As Allen said "This can be done within the cell itself or within the Formula bar, depending on how you have Excel configured". In Excel 2010, the Excel Options (on the Advanced page) "Allow editing directly in cells" is where this is controlled. It is of course in different places, and given a different name, in other versions of Excel. When checked, you can as Allen implies edit directly inside the cell. When unchecked, you can only do this sort of editing inside the Formula bar.

Allen was mistaken, I believe, in that it's not an either/or situation (edit in the cell or in the Formula Bar). You can always edit in the Formula Bar - the control affects whether you can edit inside a cell by double-clicking on it.

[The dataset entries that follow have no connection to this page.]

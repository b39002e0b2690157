//! The routines of a unit, and which variables of a block they threaten.

ghost use Rattle.std.specs.Prelude.{◌≡◌, IfOk, IfSome, OnOk, nat_eq, map, position};
ghost use Rattle.ep_typed.specs.Trees.{OfUnit};
ghost use Rattle.ep_typed.specs.Viewed.{stmt_of};
ghost use Rattle.ep_threats.specs.Callees.{callees_among, callees_in, callees_of};
ghost use Rattle.ep_threats.specs.RoutineForms.{routine_form};
ghost use Rattle.ep_threats.specs.Threatened.{Adds, one_threatens};
ghost use Rattle.ep_threats.specs.Threats as spec;

use crate::callees::Callees;
use crate::gathering::{Owner, gather};
use crate::numbers::Numbers;
use crate::table::RoutineTable;
use crate::threats::levels_between;
use ep_base::{Name, NoMemory};
use ep_typed::{Interface, UnitRoutine};
use std::alloc::{AllocError, Global};
use std::marker::Model;

/// The block of which it is known which of its variables routines in it threaten.
#[derive(Clone, Copy)]
pub(crate) enum Gathered<'a> {
    /// None.
    Nothing,
    /// That of the unit of this name.
    OfUnit(&'a Name),
    /// That of the routine of this number.
    OfRoutine(u32),
}

/// The routines of a unit, of which threats are asked, with the headings whose routines they call too. What they threaten of
/// one block may be gathered before.
pub struct Routines<'a> {
    /// All of them, by number.
    all: &'a RoutineTable,
    /// The headings of other units.
    given: &'a [Interface],
    /// The block.
    of: Gathered<'a>,
    /// The numbers of the variables of the block that a routine in it threatens.
    threatened: Numbers,
}

impl<'a> Model for Routines<'a> {
    ghost use Rattle.std.specs.Prelude.{List};
    ghost use Rattle.ep_typed.specs.declared.interface.Interface.{Interface};
    ghost use Rattle.ep_typed.specs.declared.unit.UnitRoutine.{UnitRoutine};
    ghost use Rattle.ep_typed.specs.contracts.interface.Interface as interface;
    ghost use Rattle.ep_typed.specs.contracts.unit.UnitRoutine as unit_routine;
    ghost use Rattle.std.specs.Coded.{codes};
    ghost use Rattle.ep_threats.specs.Callees.{callees_in};
    ghost use Rattle.ep_threats.specs.Threatened.{KnowsThreats};

    ghost Value = { List UnitRoutine × List Interface };

    ghost coded = { Prim.hlevel (codes, unit_routine.the_row.coded, interface.the_row.coded) };

    ghost view = { λ r. (r.all.now, r.given.now) };

    ghost invariant = { λ r. KnowsThreats r.of (callees_in r.all.now r.given.now) r.threatened };
}

impl<'a> Drop for Routines<'a> {
    fn drop(self) {
        let Routines {
            all: _,
            given: _,
            of: _,
            threatened: _,
        } = self;
    }
}

/// The numbers of the variables of the unit of this name are added that the block of one of these routines threatens.
fn unit_gathered(unit: &Name, routines: &Callees<'_>, found: &mut Numbers) -> Result<(), NoMemory>
    ensures { OnOk result (Adds (λ n. one_threatens (callees_of routines.now) (OfUnit unit.now n))
        found.old found.new) }
{
    for routine in routines.own {
        gather(&routine.block, Owner::Unit(unit), routines, found)?;
    }
    Ok(())
}

/// Those of the routine of this number are added that a routine in it, however deep, threatens.
fn inner_gathered(
    routine: u32,
    routines: &RoutineTable,
    given: &[Interface],
    found: &mut Numbers,
) -> Result<(), NoMemory>
    ensures { OnOk result (Adds (λ n. spec.inner_threatens routine (callees_in routines.now given.now) n)
        found.old found.new) }
{
    let inner = routines.inner(routine);
    let callees = Callees::of(routines.items(), given);
    some_gathered(inner, routine, &callees, found)?;
    Ok(())
}

/// Those are added that one of these routines threatens.
fn some_gathered(
    some: &[UnitRoutine],
    routine: u32,
    routines: &Callees<'_>,
    found: &mut Numbers,
) -> Result<(), NoMemory>
    ensures { OnOk result (Adds (λ n. spec.some_threaten routine (callees_of routines.now) n
        (map routine_form some.now)) found.old found.new) }
{
    for inner in some {
        gathered_from(inner, routine, routines, found)?;
    }
    Ok(())
}

/// Those that this routine threatens, where it is one in that one.
fn gathered_from(
    inner: &UnitRoutine,
    routine: u32,
    routines: &Callees<'_>,
    found: &mut Numbers,
) -> Result<(), NoMemory>
    ensures { OnOk result (Adds (λ n. spec.threatens_from (callees_of routines.now) n
        (stmt_of inner.now.block) (position (nat_eq routine) inner.now.around)) found.old found.new) }
{
    let Some(between) = levels_between(routine, inner.around.items()) else {
        return Ok(());
    };
    let Ok(up) = u32::try_from(between + 1) else {
        return Err(AllocError);
    };
    gather(&inner.block, Owner::Routine(up), routines, found)
}

impl<'a> Routines<'a> {
    /// These, of which nothing is gathered, and these headings. It takes no memory.
    pub fn new(alloc: Global, all: &'a RoutineTable, given: &'a [Interface]) -> Routines<'a>
        ensures { result ≡ (all.now, given.now) }
    {
        Routines {
            all,
            given,
            of: Gathered::Nothing,
            threatened: Numbers::new(alloc),
        }
    }

    /// These, where it is gathered once which variables of the unit of this name they threaten.
    pub fn of_unit(
        alloc: Global,
        unit: &'a Name,
        all: &'a RoutineTable,
        given: &'a [Interface],
    ) -> Result<Routines<'a>, NoMemory>
        ensures { IfOk result (λ r. r ≡ (all.now, given.now)) }
    {
        let mut threatened = Numbers::new(alloc);
        let callees = Callees::of(all.items(), given);
        unit_gathered(unit, &callees, &mut threatened)?;
        Ok(Routines {
            all,
            given,
            of: Gathered::OfUnit(unit),
            threatened,
        })
    }

    /// These, where it is gathered once which variables of the routine of this number those in it threaten.
    pub fn of_routine(
        alloc: Global,
        routine: u32,
        all: &'a RoutineTable,
        given: &'a [Interface],
    ) -> Result<Routines<'a>, NoMemory>
        ensures { IfOk result (λ r. r ≡ (all.now, given.now)) }
    {
        let mut threatened = Numbers::new(alloc);
        inner_gathered(routine, all, given, &mut threatened)?;
        Ok(Routines {
            all,
            given,
            of: Gathered::OfRoutine(routine),
            threatened,
        })
    }

    /// What the code of the unit may call.
    pub fn callees(&self) -> Callees<'a>
        ensures { callees_of result ≡ callees_among self.now }
    {
        Callees::of(self.all.items(), self.given)
    }

    /// All of them, in their table.
    pub fn table(&self) -> &'a RoutineTable
        ensures { result.now ≡ self.now.0 }
    {
        self.all
    }

    /// The headings.
    pub fn given(&self) -> &'a [Interface]
        ensures { result.now ≡ self.now.1 }
    {
        self.given
    }

    /// Whether one of them threatens the variable of this number of the unit of this name, where that is gathered.
    pub fn threaten_of_unit(&self, unit: &Name, number: u32) -> Option<bool>
        ensures { IfSome result (λ threatened. threatened
            ≡ one_threatens (callees_among self.now) (OfUnit unit.now number)) }
    {
        match self.of {
            Gathered::OfUnit(own) if own.bytes() == unit.bytes() => {
                Some(self.threatened.has(number))
            }
            _ => None,
        }
    }

    /// Whether one in the routine of the first number, however deep, threatens its variable of the second number, where
    /// that is gathered.
    pub fn threaten_of_routine(&self, routine: u32, number: u32) -> Option<bool>
        ensures { IfSome result (λ threatened. threatened
            ≡ spec.inner_threatens routine (callees_among self.now) number) }
    {
        match self.of {
            Gathered::OfRoutine(own) if own == routine => Some(self.threatened.has(number)),
            _ => None,
        }
    }
}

If the "allow editing directly" control is unchecked, double-clicking on a cell containing a formula will take you to the first cell referenced in the formula. For instance, if cell C5 contains the formula =a4 * 10, double-clicking on cell C5 will take you to that cell. If the formula contains a link to a cell in a different worksheet, Excel will shift to that cell in the other worksheet - even if it has to open it to do so. It's really quite a handy feature, which is why I always configure Excel to work in this manner.

You may prefer the other behavior, of course.


2016-09-06 09:36:31

mike

Double clicking did not work for me.
But pressing F2 first, and then pasting, it worked, putting all paragraphs into one cell.